Vertical/horizontal asymptotes We know  that for rational functions
$$f(x)/g(x)$$
vertical asymptotes are defined as the lines  $x=x_0$ where $g(x_0)=0$, and for horizontal asymptotes it is the limit as $x$ approaches $\infty$ or $x$ approaches $-\infty$.  My question is the following: what is the relationship between vertical and horizontal asymptotes?  For instance, if we have
$$y=f(x)$$
and we  express $x$ as function of $y$, or
$$x=f^{-1}(y),$$
is the horizontal asymptote of inverse function the same as the vertical one of the original?
Thanks in advance.
 A: Good question, and the answer is not a simple "yes" or "no".

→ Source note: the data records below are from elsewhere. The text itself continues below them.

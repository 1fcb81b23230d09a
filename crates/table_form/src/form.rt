// Check 2, form: a command that can't stand where it does, or bytes that run out before 1F.
ghost use Rattle.std.specs.Prelude.{◌≡◌, ⊤};
ghost use Rattle.answers.specs.Answers.{verdict};
ghost use Rattle.model.specs.Definitions.TableChecks.{table_form, table_step, table_move, begins, joins, finishes, table_complete};
ghost use Rattle.table_form.specs.Read.{command, read};
ghost use Rattle.table_form.specs.Forms.{state, next, form_left};

use crate::command::{TableCommand, command_at};
use checking::Check;

// Before the first type; after a whole type; among members, of which two, one or none are still needed; after 1F.
#[derive(Clone, Copy, Debug, PartialEq, Eq)]
pub enum State {
    NoType,
    Whole,
    NeedsTwo,
    NeedsOne,
    Enough,
    Ended,
}

impl State {
    // What a command that begins a type makes of the state; `first` is the state after it, where it may stand.
    #[tactic(auto, unfolding(model::specs::Definitions::TableChecks::table_move))]
    fn begin(self, first: State) -> Option<State>
        ensures { next result ≡ table_move (state self) (begins (state first)) }
    {
        match self {
            State::NoType | State::Whole | State::Enough => Some(first),
            State::NeedsTwo | State::NeedsOne | State::Ended => None,
        }
    }

    // What a member makes of the state: one member less is needed.
    #[tactic(auto, unfolding(model::specs::Definitions::TableChecks::table_move))]
    fn join(self) -> Option<State>
        ensures { next result ≡ table_move (state self) joins }
    {
        match self {
            State::NeedsTwo => Some(State::NeedsOne),
            State::NeedsOne | State::Enough => Some(State::Enough),
            State::NoType | State::Whole | State::Ended => None,
        }
    }

    // What 1F makes of the state: it may stand behind a type that has all its members.
    #[tactic(auto, unfolding(model::specs::Definitions::TableChecks::table_move))]
    fn finish(self) -> Option<State>
        ensures { next result ≡ table_move (state self) finishes }
    {
        match self {
            State::Whole | State::Enough => Some(State::Ended),
            _ => None,
        }
    }

    // What a command makes of the state, by its role; none where it is refused. Two arms stand apart, for the compiled loop: with
    // `List` joined to the one above it, it is several times slower, and up to a third slower with `Optional` joined to `Sequence`.
    #[tactic(auto, unfolding(model::specs::Definitions::TableChecks::table_step, model::specs::Definitions::TableChecks::table_role))]
    pub fn after(self, c: TableCommand) -> Option<State>
        ensures { next result ≡ table_step (state self) (command c) }
    {
        match c {
            TableCommand::Text | TableCommand::Empty => self.begin(State::Whole),
            TableCommand::List(_) => self.begin(State::Whole),
            TableCommand::Sequence => self.begin(State::NeedsOne),
            TableCommand::Choice => self.begin(State::NeedsTwo),
            TableCommand::Member(_) => self.join(),
            TableCommand::End => self.finish(),
            TableCommand::Optional => self.begin(State::NeedsOne),
        }
    }

    // Whether the commands may end in a state: only behind 1F.
    #[tactic(auto, unfolding(model::specs::Definitions::TableChecks::table_complete))]
    pub fn complete(self) -> bool
        ensures { result ≡ table_complete (state self) }
    {
        matches!(self, State::Ended)
    }
}

// What is read at an offset makes of the state: a command as `State::after` says; what is none is refused.
pub fn step(s: State, found: Option<TableCommand>) -> Option<State>
    ensures { next result ≡ table_step (state s) (read found) }
{
    match found {
        Some(c) => s.after(c),
        None => None,
    }
}

impl Check for State {
    ghost fits = { λ s at. ⊤ };

    ghost rest = { form_left };

    fn step(&mut self, document: &[u8], at: usize) -> Option<usize> {
        let command = command_at(document, at)?;
        *self = self.after(command)?;
        Some(command.width())
    }

    fn may_end(&self) -> bool {
        self.complete()
    }
}

// The lowest place at which check 2 refuses a table document.
pub fn form(t: &[u8]) -> Result<(), usize>
    ensures { verdict result ≡ table_form t.now }
{
    checking::run(State::NoType, t)
}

First of all, it's not quite true what you said about vertical asymptotes. If we're considering $y=\frac{f(x)}{g(x)}$, points where $g(x)=0$ could give rise to either vertical asymptotes or to removable discontinuities. For example, $y=\frac{\sin x}{x}$ does not have a vertical asymptote at $x=0$
Now, when inverting a function $y=f(x)$, we need to be sure that the function $f$ is one-to-one. If it's not, we may be able to obtain various invertible functions by restricting the domain of $f$ in different ways. For example: There is no inverse for the function $f(x)=x^2$ defined on all reals, but if we restrict its domain to $[0,\infty)$, we get the inverse $f^{-1}(y)=\sqrt{y}$, while restricting the domain instead to $(-\infty,0]$ affords the inverse $f^{-1}(y)=-\sqrt{y}$.
If $f$ is a function with a vertical asymptote at $x=a$, and we've got some interval with $a$ on its boundary and on which $f$ is one-to-one, then yes. That vertical asymptote will turn into a horizontal asymptote for $f^{-1}$.
I'm assuming here that we're talking about simple types of asymptotes. Check out the function $f(x)=\frac{\sin\frac1x}{x}$ for an example of how weird things might get. You're going to have a hard time finding an interval on which to invert that function and see a horizontal asymptote.
A: 
is the horizontal asymptote of inverse function the same as the vertical one of the original?

For functions of the form $f(x)=\dfrac{ax+b}{cx+d}, c\neq 0$, this statement is true. The inverse is $f^{-1}(x) = \dfrac{dx-b}{-cx+a}$.